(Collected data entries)
***

// The six cells of a row of so many.
fn six_cells(
    line: u32,
    key: &[u8],
    block: &[u8],
    table: &[usize; 512],
    count: usize,
    c: Columns,
    out: &mut [u8],
    s: Said,
) -> Said
    requires { (s.put ≤ length out.old) × Short c (tables.cells_from block.now table.now 0 count) }
    ensures { Told (rows_specs.six_said line key.now c (tables.cells_from block.now table.now 0 count)) (inside.counting (rows_specs.six_of c (tables.cells_from block.now table.now 0 count))) out.old s out.new result }
{
    let year = cell_of(block, table, count, c.year);
    let month = cell_of(block, table, count, c.month);
    let day = cell_of(block, table, count, c.day);
    let endyear = cell_of(block, table, count, c.endyear);
    let endmonth = cell_of(block, table, count, c.endmonth);
    let endday = cell_of(block, table, count, c.endday);
    six_own(
        line, key, year, month, day, endyear, endmonth, endday, out, s,
    )
}

// ---- a row

// The lines of a row of so many cells, by its key.
fn lines_by(
    line: u32,
    key: &[u8],
    block: &[u8],
    table: &[usize; 512],
    count: usize,
    c: Columns,
    out: &mut [u8],
    s: Said,
) -> Said
    requires { (s.put ≤ length out.old) × Short c (tables.cells_from block.now table.now 0 count) }
    ensures { Told (rows_specs.lines_by line key.now c (tables.cells_from block.now table.now 0 count)) (rows_specs.row_counted c (tables.cells_from block.now table.now 0 count)) out.old s out.new result }
{
    let d = dates(line, key, block, table, count, c, out, s);
    six_cells(line, key, block, table, count, c, out, d)
}

// The same by the own bytes of its key, with doubled quotes in them.
fn key_copied(
    line: u32,
    own: &[u8],
    block: &[u8],
    table: &[usize; 512],
    count: usize,
    c: Columns,
    out: &mut [u8],
    s: Said,
) -> Said
    requires { (s.put ≤ length out.old) × (length own.now ≤ 4096) × Short c (tables.cells_from block.now table.now 0 count) }
    ensures { Told (rows_specs.lines_by line (undoubled own.now) c (tables.cells_from block.now table.now 0 count)) (rows_specs.row_counted c (tables.cells_from block.now table.now 0 count)) out.old s out.new result }
{
    let mut text = [0u8; 4096];
    let n = copy(own, &mut text);
    lines_by(line, &text[..n], block, table, count, c, out, s)
}

// The lines of a row of so many cells.
fn row_lines(
    line: u32,
    block: &[u8],
    table: &[usize; 512],
    count: usize,
    c: Columns,
    out: &mut [u8],
    s: Said,
) -> Said
    requires { (s.put ≤ length out.old) × Short c (tables.cells_from block.now table.now 0 count) }
    ensures { Told (rows_specs.row_said line c (tables.cells_from block.now table.now 0 count)) (rows_specs.row_counted c (tables.cells_from block.now table.now 0 count)) out.old s out.new result }
{
    let own = cell_of(block, table, count, key_column(c));
    if has_quote(own) {
        return key_copied(line, own, block, table, count, c, out, s);
    }
    lines_by(line, own, block, table, count, c, out, s)
}

// The line of a bad row, and its count.
fn bad_row(line: u32, fault: RowFault, out: &mut [u8], t: Tally) -> Said
    ensures { Told (lines_specs.bad_row_line line fault) tallies.one_bad out.old (inside.at_start t) out.new result }
{
    let put = put_bad(line, fault, out, 0);
    Said {
        put,
        tally: one_bad(t),
    }
}

// What is said of a row, and what it counts.
fn checked_lines(
    line: u32,
    block: &[u8],
    table: &[usize; 512],
    end: usize,
    count: usize,
    c: Columns,
    width: usize,
    out: &mut [u8],
    t: Tally,
) -> Said
    requires { end ≤ length block.now }
    ensures { inside.RowTold line c width block.now end count (tables.cells_from block.now table.now 0 count) out.old t out.new result }
{
    match check_row(block, table, end, count, c, width) {
        Ok(()) => {
            let s = Said {
                put: 0,
                tally: one_row(t),
            };
            row_lines(line, block, table, count, c, out, s)
        }
        Err(f) => bad_row(line, f, out, t),
    }
}

// ---- steps

// The state behind so many bytes of a block, with what was counted.
fn behind(st: State, block: &[u8], n: usize, phase: Phase, t: Tally) -> State
    requires { n ≤ length block.now }
    ensures { result ≡ steps_specs.behind st block.now n phase t }
{
    let feeds = csv_rows::count_feeds(&block[..n]);
    let separator = st.separator;
    let columns = st.columns;
    State {
        phase,
        separator,
        columns,
        cells: st.cells,
        line: plus(st.line, feeds),
        tally: t,
    }
}

// The end of the report.
fn last_step(t: Tally, out: &mut [u8]) -> Taken
    requires { 262144 ≤ length out.old }
    ensures { inside.Stepped (inside.over_with (steps_specs.last_lines t)) out.old result out.new }
{
    Taken::Over {
        put: put_summary(t, out, 0),
    }
}

// A row that can not be read, of which so many bytes are taken.
fn bad_step(block: &[u8], n: usize, fault: Fault, phase: Phase, st: State, out: &mut [u8]) -> Taken
    requires { (n ≤ length block.now) × (262144 ≤ length out.old) }
    ensures { inside.Stepped (inside.bad_took st block.now n fault phase) out.old result out.new }
{
    let t = st.tally;
    let s = bad_row(st.line, RowFault::Broken(fault), out, t);
    let put = s.put;
    let tally = s.tally;
    Taken::Took {
        bytes: n,
        put,
        state: behind(st, block, n, phase, tally),
    }
}

// A row that is read.
fn good_step(
    block: &[u8],
    table: &[usize; 512],
    end: usize,
    count: usize,
    st: State,
    out: &mut [u8],
) -> Taken
    requires { (end ≤ length block.now) × (262144 ≤ length out.old) }
    ensures { inside.Stepped (inside.row_took st block.now end count (tables.cells_from block.now table.now 0 count)) out.old result out.new }
{
    let c = st.columns;
    let t = st.tally;
    let s = checked_lines(st.line, block, table, end, count, c, st.cells, out, t);
    let put = s.put;
    let tally = s.tally;
    Taken::Took {
        bytes: end,
        put,
        state: behind(st, block, end, Phase::Rows, tally),
    }
}

// A table has 512 numbers.
fn sized(table: &mut [usize])
    requires { length table.old ≡ 512 }
    ensures { (length table.old ≡ 512) × (table.new ≡ table.old) }
{}

// A step over rows.
fn row_step(block: &[u8], last: bool, st: State, table: &mut [usize; 512], out: &mut [u8]) -> Taken
    requires { 262144 ≤ length out.old }
    ensures stepped { inside.Stepped (steps_specs.step_in Phase.Rows last block.now st) out.old result out.new }
    ensures table_after { table.new ≡ csv_specs.table_after (reader_specs.byte_of st.separator) last block.now table.old }
{
    sized(table);
    let separator = st.separator;
    match csv_rows::next_row(block, separator, last, table) {
        RowRead::Row { end, count } => good_step(block, table, end, count, st, out),
        RowRead::Faulty { end, fault } => bad_step(block, end, fault, Phase::Rows, st, out),
        RowRead::Endless { fault } => bad_step(block, 65536, fault, Phase::Skipping, st, out),
        RowRead::More => Taken::More,
        RowRead::Nothing => {
            let t = st.tally;
            last_step(t, out)
        }
    }
}

// The header.
fn start_step(block: &[u8], last: bool, st: State, out: &mut [u8]) -> Taken
    requires { 262144 ≤ length out.old }
    ensures { inside.Stepped (steps_specs.step_in Phase.Start last block.now st) out.old result out.new }
{
    match headers::read_header(block, last) {
        Header::Wait => Taken::More,
        Header::Without(why) => Taken::Over {
            put: put_unread(why, out, 0),
        },
        Header::With {
            bytes,
            separator,
            columns,
            cells,
        } => {
            let tally = st.tally;
            let begun = State {
                phase: Phase::Rows,
                separator,
                columns,
                cells,
                line: st.line,
                tally,
            };
            Taken::Took {
                bytes,
                put: 0,
                state: behind(begun, block, bytes, Phase::Rows, tally),
            }
        }
    }
}

// A piece of a line that is skipped.
fn skip_step(block: &[u8], last: bool, st: State, out: &mut [u8]) -> Taken
    requires { 262144 ≤ length out.old }
    ensures { inside.Stepped (steps_specs.step_in Phase.Skipping last block.now st) out.old result out.new }
{
    let t = st.tally;
    match csv_rows::skip_line(block, last) {
        Skipped::Ended(n) => Taken::Took {
            bytes: n,
            put: 0,
            state: behind(st, block, n, Phase::Rows, t),
        },
        Skipped::On => Taken::Took {
            bytes: 65536,
            put: 0,
            state: behind(st, block, 65536, Phase::Skipping, t),
        },
        Skipped::Wait => Taken::More,
        Skipped::Over => last_step(t, out),
    }
}

// The state at the start of a file.
pub fn fresh() -> State
    ensures { result ≡ steps_specs.fresh }
{
    let tally = Tally {
        rows: 0,
        strict: 0,
        otherwise: 0,
        refused: 0,
        bad: 0,
    };
    let columns = Columns {
        date: 256,
        origdate: 256,
        eventdate: 256,
        urldate: 256,
        year: 256,
        month: 256,
        day: 256,
        endyear: 256,
        endmonth: 256,
        endday: 256,
        key: 256,
        id: 256,
    };
    State {
        phase: Phase::Start,
        separator: Separator::Comma,
        columns,
        cells: 0,
        line: 1,
        tally,
    }
}
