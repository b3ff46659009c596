// A line is answered: a frame's call is carried out, any other line gives 18, and the answer is written.
//
// The tables and the four lent buffers are passed one by one, here and in the crates above: a struct of
// `&mut` behind a `&mut` was tried, and its callers learn nothing of what its fields point at afterwards.
#![tactic(auto)]

ghost use Rattle.std.specs.Prelude.{◌≡◌, ◌+◌, ◌≤◌, length};
ghost use Rattle.layout.specs.Answer.{answer_of};
ghost use Rattle.tables.specs.Contract.{Ready};
ghost use Rattle.line_answers.specs.Answered.{core, LineAnswered, Ended};

use layout::answer::{Answer, Refusal};
use lines::line::Line;
use tables::{Bytes, Words};

// Answers a line: a frame's call is carried out; any other line gives 18 and changes nothing.
fn answer_line(
    words: &mut Words,
    bytes: &mut Bytes,
    permanent: &mut [u64],
    scratch: &mut [u64],
    map: &mut [u64],
    written: &mut [u64],
    line: &Line,
) -> Result<u64, Refusal>
    requires { Ready words.old bytes.old }
    ensures { LineAnswered
        (core words.old bytes.old permanent.old scratch.old map.old written.old)
        (core words.new bytes.new permanent.new scratch.new map.new written.new)
        line.now (answer_of result) }
{
    let Some(f) = line.parse() else {
        return Err(Refusal::NoFrame);
    };
    scopes::carry_out(
        words, bytes, permanent, scratch, map, written, f.op, f.thread, f.p, f.q, f.r,
    )
}

// Answers a line and writes the answer.
pub fn end_line(
    words: &mut Words,
    bytes: &mut Bytes,
    permanent: &mut [u64],
    scratch: &mut [u64],
    map: &mut [u64],
    written: &mut [u64],
    line: &Line,
    output: &mut [u8],
    at: usize,
)
    requires { (Ready words.old bytes.old) × (at + 19 ≤ length output.old) }
    ensures { Ended
        (core words.old bytes.old permanent.old scratch.old map.old written.old)
        (core words.new bytes.new permanent.new scratch.new map.new written.new)
        line.now output.old at output.new }
{
    let result = answer_line(words, bytes, permanent, scratch, map, written, line);
    let a = Answer::from(result);
    lines::answer::write_answer(output, at, a.status, a.value);
}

***

What you need to do
Your answer should be the lines above from the one containing "Tally) -> State" through the one containing "of the report.", copied exactly and with both ends kept.

Exercise answer
fn behind(st: State, block: &[u8], n: usize, phase: Phase, t: Tally) -> State
    requires { n ≤ length block.now }
    ensures { result ≡ steps_specs.behind st block.now n phase t }
{
    let feeds = csv_rows::count_feeds(&block[..n]);
    let separator = st.separator;
    let columns = st.columns;
    State {
        phase,
        separator,
        columns,
        cells: st.cells,
        line: plus(st.line, feeds),
        tally: t,
    }
}

// The end of the report.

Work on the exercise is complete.